Can you focus on answering with actual facts now?

I won't even go into how I equate red herring with pre ipos.

Instead I'm curious how it's a fact that restaurants under write their menu prices because the tip is factored into the cost of the meal from a business owner perspective.

I even pointed out how you can prove waitresses are expected to get tips because in the old days they were paid a lower minimum wage with the expectation that the tip would cover the rest (to make the regular minimum at the very least). I can prove that. Can you prove your stance on the menu prices being under written to accommodate for the tip?


----------



## Dropking (Aug 18, 2017)

sellkatsell44 said:


> Soooooo
> Again no straight answer. I didn't mean underwriting like mortgage so much as under (like making under what's norm) and writing like..writing... so I'll clarify that.
> 
> Can you focus on answering with actual facts now?
> ...


You have it backwards. Waitresses agree to work for minimum wage or lower because tipping is customary and part of the compensation model. This is not the restauranteer underwriting anything. If you need to use that word, it is the waitress underwriting herself because she doesn't expect there are a lot if Kats and Steves out there. And she is right. Almost everyone else tips, more or less depending on her service, so she is inspired to do an excellent job for you.


----------



## sellkatsell44 (Oct 25, 2015)

Dropking said:


> You have it backwards. Waitresses agree to work for minimum wage or lower because tipping is customary and part of the compensation model. This is not the restauranteer underwriting anything. If you need to use that word, it is the waitress underwriting herself because she doesn't expect there are a lot if Kats and Steves out there. And she is right. Almost everyone else tips, more or less depending on her service, so she is inspired to do an excellent job for you.


O. m. G.

First of all, I probably tip better than you. Ironic isn't it? I always tip $1-2 on to go orders of $10 or less and usually if my meal is $12, my tip is $4.
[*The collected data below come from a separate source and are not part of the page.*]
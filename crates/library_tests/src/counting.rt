//! Counts of messages by their names.

use dbus_count::{Counts, Form, Span};
use dbus_view::MessageView;
use std::alloc::Global;
use std::test::Fail;

// A signal of the interface `a.b`.
const SIGNAL: &[u8] =
    b"l\x04\x00\x01\x18\x00\x00\x00\x02\x00\x00\x008\x00\x00\x00\x01\x01o\x00\x02\x00\x00\x00/a\x00\x00\x00\x00\x00\x00\x02\x01s\x00\x03\x00\x00\x00a.b\x00\x00\x00\x00\x00\x03\x01s\x00\x01\x00\x00\x00C\x00\x00\x00\x00\x00\x00\x00\x08\x01g\x00\x02sv\x00\x02\x00\x00\x00hi\x00\x02au\x00\x00\x08\x00\x00\x00\x01\x00\x00\x00\x02\x00\x00\x00";

// A call without an interface, with a sender and a destination.
const CALL: &[u8] =
    b"l\x01\x00\x01\x00\x00\x00\x00\x09\x00\x00\x00=\x00\x00\x00\x01\x01o\x00\x02\x00\x00\x00/a\x00\x00\x00\x00\x00\x00\x03\x01s\x00\x01\x00\x00\x00M\x00\x00\x00\x00\x00\x00\x00\x06\x01s\x00\x04\x00\x00\x00:1.2\x00\x00\x00\x00\x07\x01s\x00\x04\x00\x00\x00:1.7\x00\x00\x00\x00";

// An error.
const ERROR: &[u8] =
    b"l\x03\x00\x01\x00\x00\x00\x00\x01\x00\x00\x00\x14\x00\x00\x00\x05\x01u\x00\x01\x00\x00\x00\x04\x01s\x00\x03\x00\x00\x00d.e\x00\x00\x00\x00\x00";

// The tables of two such signals, a call and an error.
const TABLES: &str =
    "2 messages 192 bytes type signal\n1 messages 40 bytes type error\n1 messages 80 bytes type method_call\n1 messages 80 bytes sender :1.7\n1 messages 80 bytes destination :1.2\n2 messages 192 bytes interface a.b\n2 messages 192 bytes member a.b.C\n1 messages 80 bytes member M\n1 messages 40 bytes error d.e\n";

// The same as lines of JSON.
const OBJECTS: &str =
    "{\"type\":\"signal\",\"messages\":2,\"bytes\":192}\n{\"type\":\"error\",\"messages\":1,\"bytes\":40}\n{\"type\":\"method_call\",\"messages\":1,\"bytes\":80}\n{\"sender\":\":1.7\",\"messages\":1,\"bytes\":80}\n{\"destination\":\":1.2\",\"messages\":1,\"bytes\":80}\n{\"interface\":\"a.b\",\"messages\":2,\"bytes\":192}\n{\"member\":\"a.b.C\",\"messages\":2,\"bytes\":192}\n{\"member\":\"M\",\"messages\":1,\"bytes\":80}\n{\"error\":\"d.e\",\"messages\":1,\"bytes\":40}\n";

// The lines of a message, and of two that come a second and a half apart.
const ONE: &str = "error d.e\n1 messages in 0.000000000 seconds\n";

const TWO: &str = "error d.e\n2 messages in 1.500000000 seconds, 1.333 a second\n";

const TWO_OBJECTS: &str =
    "\"bytes\":40}\n{\"seconds\":1.500000000,\"messages\":2,\"messages_per_second\":1.333}\n";

// What counts the messages.
fn counted(alloc: Global) -> Result<Counts, Fail> {
    let mut counts = Counts::new(alloc);
    for bytes in [SIGNAL, CALL, ERROR, SIGNAL] {
        match MessageView::of(bytes) {
            Ok(view) => counts.add(&view)?,
            Err(_) => return Err(Fail::new("no message")),
        }
    }
    Ok(counts)
}

#[test]
fn messages_are_counted_by_their_names(rt: HostRuntime) -> Result<(), Fail> {
    let counts = counted(rt.alloc())?;
    assert!(rt; counts.tables(Form::Text, None)?.as_str() == TABLES);
    assert!(rt; counts.tables(Form::Json, None)?.as_str() == OBJECTS);
    Ok(())
}

#[test]
fn the_last_line_is_that_of_the_span(rt: HostRuntime) -> Result<(), Fail> {
    let counts = counted(rt.alloc())?;
    let one = Span::with_time(None, 2_000_000_000);
    let two = Span::with_time(Some(one), 500_000_000);
    assert!(rt;
        counts
            .tables(Form::Text, Some(one))?
            .as_str()
            .ends_with(ONE)
    );
    assert!(rt;
        counts
            .tables(Form::Text, Some(two))?
            .as_str()
            .ends_with(TWO)
    );
    assert!(rt;
        counts
            .tables(Form::Json, Some(two))?
            .as_str()
            .ends_with(TWO_OBJECTS)
    );
    Ok(())
}
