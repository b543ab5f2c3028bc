//! Texts that are written piece by piece to a formatter.
#![tactic(auto)]

ghost use Rattle.std.specs.Prelude.{◌≡◌, false, IsOk};

use dbus_show::Draft;
use std::fmt;

/// A text that is written piece by piece to a formatter. Once a write failed, nothing more is
/// written.
#[derive(Drop)]
pub(crate) struct FormatterDraft<'a, W> {
    /// What writes the text.
    pub(crate) formatter: &'a mut fmt::Formatter<W>,
    /// Whether a write failed.
    pub(crate) failed: bool,
}

impl<W: fmt::Write> Draft for FormatterDraft<'_, W> {
    ghost use Rattle.dbus_display.specs.Written.{Gains};
    ghost use Rattle.dbus_display.specs.WrittenLaws as laws;

    ghost gains = { Gains W.write_str_gives };

    fn push_str(&mut self, text: &str) {
        if !self.failed {
            self.failed = self.formatter.write_str(text).is_err();
        }
    }

    fn is_full(&self) -> bool {
        self.failed
    }

    ghost nothing = { laws.nothing W.write_str_gives };

    ghost joins = { laws.joins W.write_str_gives };
}
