//! A client takes no longer trace than 255 bytes.

use dbus_auth::{Client, Mechanism};
use std::test::Fail;

// It hands its mechanisms back.
#[test]
fn long_trace(rt: HostRuntime) -> Result<(), Fail> {
    let trace = vec![in rt.alloc(); b'x'; 256]?;
    match Client::new(vec![in rt.alloc(); Mechanism::Anonymous(trace)]?) {
        Ok(_) => Err(Fail::new("the trace has over 255 bytes")),
        Err(mechanisms) => {
            assert_eq!(rt; mechanisms.len(), 1);
            Ok(())
        }
    }
}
Second, you have it backwards. Especially when you say restauranteer...it's the government setting minimum wage to be two something...and I literally read it off those osha posters. The tips are suppose to supplement it to minimum wage (what it is for the rest of the folks) and if not, the owner covers it.

The fact that you don't get this is mind blowing.

And you just ignored the question or fail to provide again, the proof to your "statement".


----------



## Dropking (Aug 18, 2017)

sellkatsell44 said:


> O. m. G.
> 
> First of all, I probably tip better than you. Ironic isn't it? I always tip $1-2 on to go orders of $10 or less and usually if my meal is $12, my tip is $4.
> 
> ...


 Dear Kat, you asked a non sequitur question based on a false premise. The restauranteer underwrites nobody which makes your question invalid even it was well intentioned rather that merely argumentative to no obvious end.

Why you are asking it remains mysterious since you claim now that you understand the model after all and do tip. The fact of your customary tipping answers your own question. What a waste of my time, silly willy girl.

Now im going to bed. Goodnight lol and etc, sigh. See u another day.


----------



## sellkatsell44 (Oct 25, 2015)

Dropking said:


> Dear Kat, you asked a non sequitur question based on a false premise. The restauranteer underwrites nobody which makes your question invalid even it was well intentioned rather that merely argumentative to no obvious end.
> 
> Why you are asking it remains mysterious since you claim now that you understand the model after all and do tip. The fact of your customary tipping answers your own question. What a waste of my time, silly willy girl.
> 
> Now im going to bed. Goodnight lol and etc, sigh. See u another day.


I asked for proof on a statement you made multiple times and asserted it as if it's a fact and yet you consistently can't provide data...if I said fluff pieces were acceptable, would you google one up then?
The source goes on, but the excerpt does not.